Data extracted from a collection
::::::::::

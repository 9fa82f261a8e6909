//! A bean of a bean list, as far as it tells which managed bean decides whether it is enabled.
ghost use Rattle.std.specs.Prelude.{◌≡◌};
ghost use Rattle.cdi_enable.specs.Enablement as spec;

use cdi_base::Name;
use cdi_beans::Bean;

/// Where a bean is declared.
#[derive(Clone, Copy, Debug, PartialEq, Eq)]
pub struct ListedBean {
    /// The class that declares it: that of a managed bean, or the one that has the producer.
    pub class: Name,
    /// Whether it is the managed bean of that class, and no product.
    pub is_managed: bool,
}

/// Where a bean of a bean list is declared.
pub(crate) fn listed_bean(bean: &Bean) -> ListedBean
    ensures { result ≡ spec.listed_bean bean.now }
{
    ListedBean {
        class: bean.class,
        is_managed: bean.is_managed(),
    }
}
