//! Laws of enablement, over the definitions alone.
ghost use Rattle.std.specs.Prelude.{◌≡◌, ◌↔◌, ◌<◌, ◌≤◌, ◌++◌, ℕ, List, Bool, true, length};
ghost use Rattle.cdi_beans.specs.Problems.{IsMadeOf};
ghost use Rattle.cdi_beans.specs.declared.bean.BeanList.{BeanList};
ghost use Rattle.cdi_deployment.specs.declared.deployment.Deployment.{Deployment};
ghost use Rattle.cdi_enable.specs.Enabled.{Enabled, IsForest, Specializes};
ghost use Rattle.cdi_enable.specs.Enablement.{enablement_of};
ghost use Rattle.cdi_enable.specs.declared.managed_bean.ManagedBean.{ManagedBean};

/// A bean is enabled or it isn't.
pub fn law_one_answer()
    ensures { (beans : List ManagedBean) (bean : ℕ) (r s : Bool)
        → Enabled beans bean r → Enabled beans bean s → r ≡ s }
{}

/// The managed beans of a deployment without problems of names or beans are a forest: a bean that specializes another extends its
/// class, and no class is its own superclass. So the enabled ones of its bean list can be told.
pub fn law_forest()
    ensures { (d : Deployment) (list : BeanList)
        → IsMadeOf d list → IsForest (enablement_of list).managed }
{}

/// Where beans are added, a bean is enabled as before, unless an added one that is enabled specializes it, directly or through
/// others.
pub fn law_added_beans()
    ensures { (beans more : List ManagedBean) → IsForest beans → IsForest (beans ++ more)
        → (bean : ℕ) → bean < length beans
        → ((x : ℕ) → length beans ≤ x → Specializes (beans ++ more) x bean
        → Enabled (beans ++ more) x true → ⊥)
        → (r : Bool) → Enabled beans bean r ↔ Enabled (beans ++ more) bean r }
{}
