//! The classes of the managed beans by their names.
ghost use Rattle.std.specs.Prelude.{◌≡◌, ℕ, nat_eq, IfOk};
ghost use Rattle.std.specs.HashMap.{get};
ghost use Rattle.cdi_enable.specs.Enablement.{bean_of_class};

use cdi_base::{Name, Seq};
use std::alloc::{AllocError, Global};
use std::collections::HashMap;
use std::marker::Model;

/// The classes of the managed beans, which are found by their names in constant time. Contracts see the list of the classes.
#[derive(Drop)]
pub(crate) struct ClassPlaces {
    classes: Seq<Name>,
    places: HashMap<Name, usize>,
}

impl Model for ClassPlaces {
    ghost use Rattle.std.specs.Prelude.{◌≡◌, ℕ, List, nat_eq};
    ghost use Rattle.std.specs.HashMap.{get};
    ghost use Rattle.cdi_enable.specs.Enablement.{bean_of_class};

    ghost Value = { List ℕ };

    ghost view = { λ p. p.classes };

    ghost invariant = { λ p. (class : ℕ)
        → get nat_eq p.places class ≡ bean_of_class p.classes class };
}

/// The place of the first of each class.
fn places_of(alloc: Global, classes: &[Name]) -> Result<HashMap<Name, usize>, AllocError>
    ensures { IfOk result (λ places. (class : ℕ)
        → get nat_eq places class ≡ bean_of_class classes.now class) }
{
    let mut places = HashMap::new(alloc);
    for (place, class) in classes.iter().enumerate() {
        if !places.contains_key(class) {
            places.insert(*class, place)?;
        }
    }
    Ok(places)
}

impl ClassPlaces {
    /// The classes of managed beans, in the order of the beans.
    pub(crate) fn build(alloc: Global, classes: Seq<Name>) -> Result<ClassPlaces, AllocError>
        ensures { IfOk result (λ places. places ≡ classes) }
    {
        let places = places_of(alloc, classes.as_slice())?;
        Ok(ClassPlaces { classes, places })
    }

    /// The managed bean of a class, by its index among the managed beans, if the class has one. If several have it, the first one
    /// counts.
    pub(crate) fn bean_of(&self, class: Name) -> Option<usize>
        ensures { result ≡ bean_of_class self.now class }
    {
        self.places.get(&class).copied()
    }
}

::::::::::

> [EXERCISE OBJECTIVE]: Going through the entries above, count the lines that have the word "impl" and state that count alone.

> [EXPECTED ANSWER]: 2